Ewan McGregor as Mark Renton and Jonny Lee Miller as Simon on railway tracks in T2 Trainspotting (Photo: Courtesy TriStar Pictures)
Ewan McGregor as Mark Renton and Jonny Lee Miller as Simon on railway tracks in T2 Trainspotting (Photo: Courtesy TriStar Pictures)

The reunion is dramatic. Simon, played by Jonny Lee Miller, schemes revenge, and Begbie, the most feral of them all, played by Robert Carlyle, recently escaped from prison and has vowed to kill Mark Renton. But the most redeeming character is Spud, played by Ewen Bremner.

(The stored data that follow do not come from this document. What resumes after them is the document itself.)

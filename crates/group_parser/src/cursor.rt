//! Single tokens at the front of the tokens that are left.

ghost use Rattle.std.specs.Prelude.{◌≡◌, ◌<◌, ◌==◌, option_map, IfSome, IfOk, length, string_bytes};
ghost use Rattle.query_tokens.specs.Words.{lexeme_of};
ghost use Rattle.query_checks.specs.Operators.{comparison_of, test_of};
ghost use Rattle.query_grammar.specs.Terminals.{is_word, is_sign, symbol_number};
ghost use Rattle.query_grammar.specs.Reading.{after, after_comparison, expect, name_at, looked_for};
ghost use Rattle.group_parser.specs.Views.{lexemes, Gives};

use crate::fault::{Read, ReadError};
use having_filter::{Comparison, IsTest};
use query_tokens::{Symbol, Token, Word, is_reserved};
use std::alloc::Global;

/// Whether a token is this word.
fn is_word(token: &Token, word: &str) -> bool
    ensures { result ≡ is_word word.now (lexeme_of token.now.word) }
{
    match &token.word {
        Word::Name(name) => name.as_str() == word,
        _ => false,
    }
}

/// Whether two symbols are the same.
#[tactic(auto, unfolding(query_grammar::specs::Terminals::symbol_number))]
fn is_same_symbol(a: Symbol, b: Symbol) -> bool
    ensures { result ≡ (symbol_number a == symbol_number b) }
{
    a == b
}

/// Whether a token is this symbol.
fn is_symbol(token: &Token, symbol: Symbol) -> bool
    ensures { result ≡ is_sign symbol (lexeme_of token.now.word) }
{
    match &token.word {
        Word::Symbol(found) => is_same_symbol(*found, symbol),
        _ => false,
    }
}

/// The tokens behind this word, where it stands at the front.
pub(crate) fn after_word<'a>(tokens: &'a [Token], word: &str) -> Option<&'a [Token]>
    ensures found { option_map (λ rest. lexemes rest.now) result
        ≡ after (is_word word.now) (lexemes tokens.now) }
    ensures shorter { IfSome result (λ rest. length rest.now < length tokens.now) }
{
    match tokens {
        [first, rest @ ..] if is_word(first, word) => Some(rest),
        _ => None,
    }
}

/// The tokens behind this symbol, where it stands at the front.
pub(crate) fn after_symbol(tokens: &[Token], symbol: Symbol) -> Option<&[Token]>
    ensures found { option_map (λ rest. lexemes rest.now) result
        ≡ after (is_sign symbol) (lexemes tokens.now) }
    ensures shorter { IfSome result (λ rest. length rest.now < length tokens.now) }
{
    match tokens {
        [first, rest @ ..] if is_symbol(first, symbol) => Some(rest),
        _ => None,
    }
}

/// The tokens behind this word, which must stand at the front.
pub(crate) fn expect_word<'a>(tokens: &'a [Token], word: &str) -> Result<&'a [Token], ReadError>
    ensures read { Gives (λ rest. (tt, lexemes rest.now)) result
        (expect (is_word word.now) (lexemes tokens.now)) }
    ensures shorter { IfOk result (λ rest. length rest.now < length tokens.now) }
{
    match after_word(tokens, word) {
        Some(rest) => Ok(rest),
        None => Err(ReadError::Unexpected(tokens.len())),
    }
}

/// The tokens behind this symbol, which must stand at the front.
pub(crate) fn expect_symbol(tokens: &[Token], symbol: Symbol) -> Result<&[Token], ReadError>
    ensures read { Gives (λ rest. (tt, lexemes rest.now)) result
        (expect (is_sign symbol) (lexemes tokens.now)) }
    ensures shorter { IfOk result (λ rest. length rest.now < length tokens.now) }
{
    match after_symbol(tokens, symbol) {
        Some(rest) => Ok(rest),
        None => Err(ReadError::Unexpected(tokens.len())),
    }
}

/// The name at the front, which must not be a reserved word.
pub(crate) fn name<'a>(alloc: Global, tokens: &'a [Token]) -> Read<'a, String>
    ensures read { Gives (λ x. (string_bytes x.0, lexemes x.1.now)) result
        (name_at (lexemes tokens.now)) }
    ensures shorter { IfOk result (λ x. length x.1.now < length tokens.now) }
{
    match tokens {
        [first, rest @ ..] => match &first.word {
            Word::Name(name) if !is_reserved(name) => Ok((String::from_str(alloc, name)?, rest)),
            _ => Err(ReadError::Unexpected(tokens.len())),
        },
        _ => Err(ReadError::Unexpected(tokens.len())),
    }
}

/// The comparison at the front, and the tokens behind it.
pub(crate) fn after_comparison(tokens: &[Token]) -> Option<(Comparison, &[Token])>
    ensures found { option_map (λ x. (comparison_of x.0, lexemes x.1.now)) result
        ≡ after_comparison (lexemes tokens.now) }
    ensures shorter { IfSome result (λ x. length x.1.now < length tokens.now) }
{
    match tokens {
        [first, rest @ ..] => match &first.word {
            Word::Symbol(symbol) => match Comparison::named(*symbol) {
                Some(comparison) => Some((comparison, rest)),
                None => None,
            },
            _ => None,
        },
        _ => None,
    }
}

/// What an IS test looks for.
#[tactic(auto, unfolding(query_grammar::specs::Reading::looked_for))]
pub(crate) fn looked_for(tokens: &[Token]) -> Read<'_, IsTest>
    ensures read { Gives (λ x. (test_of x.0, lexemes x.1.now)) result
        (looked_for (lexemes tokens.now)) }
    ensures shorter { IfOk result (λ x. length x.1.now < length tokens.now) }
{
    if let Some(rest) = after_word(tokens, "null") {
        return Ok((IsTest::IsNull, rest));
    }
    if let Some(rest) = after_word(tokens, "true") {
        return Ok((IsTest::IsTrue, rest));
    }
    if let Some(rest) = after_word(tokens, "false") {
        return Ok((IsTest::IsFalse, rest));
    }
    if let Some(rest) = after_word(tokens, "unknown") {
        return Ok((IsTest::IsUnknown, rest));
    }
    Err(ReadError::Unexpected(tokens.len()))
}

The hopeless addict, stuck in an endless loop of addiction and rehab, attempts suicide but is saved by Mark Renton.


“There are scenes in it which we benefited from addicts who told us that ‘you can’t really eradicate addiction,' what they do in modern treatment is replace it with another obsession, an alternative obsession which is often sports. But in Spud’s case, it’s actually this writing and it was certainly true in Irvine Welsh’s case, the original writer. So, the film becomes ironically full of hope by the end," says Boyle.

Oscar-winning filmmaker Danny Boyle talks to VOA's entertainment reporter Penelope Poulou about his new movie, T2 Trainspotting. (Photo. N. Pappadogiannakis / VOA)
Oscar-winning filmmaker Danny Boyle talks to VOA's entertainment reporter Penelope Poulou about his new movie, T2 Trainspotting. (Photo. N. Pappadogiannakis / VOA)

Spud goes on to write the original story of Trainspotting. Boyle says he wants to create this loop between the two films, showing that despite our aging process, our outlook to life is not linear. Like any other Danny Boyle film, T2 Trainspotting offers exuberant music, electrifying visuals, brutal scenes and yet its success lies in the honesty and tenderness with which the filmmaker and screenwriter John Hodge treat the aging characters.

"If you’re gonna do a sequel, a 20 years later sequel, the actors are not going to be able to hide from that. You’re gonna feel it in every frame of the film. It’s gonna be the protein of the film. And so, it’s a more confessional film, although there is a lot of the film that enjoys some of the pleasures that you get from the first film," says Boyle.

Whether it appeals to the nostalgia of the older fans or the fast sensibilities of younger ones, T2 Trainspotting is slated to be another Danny Boyle success.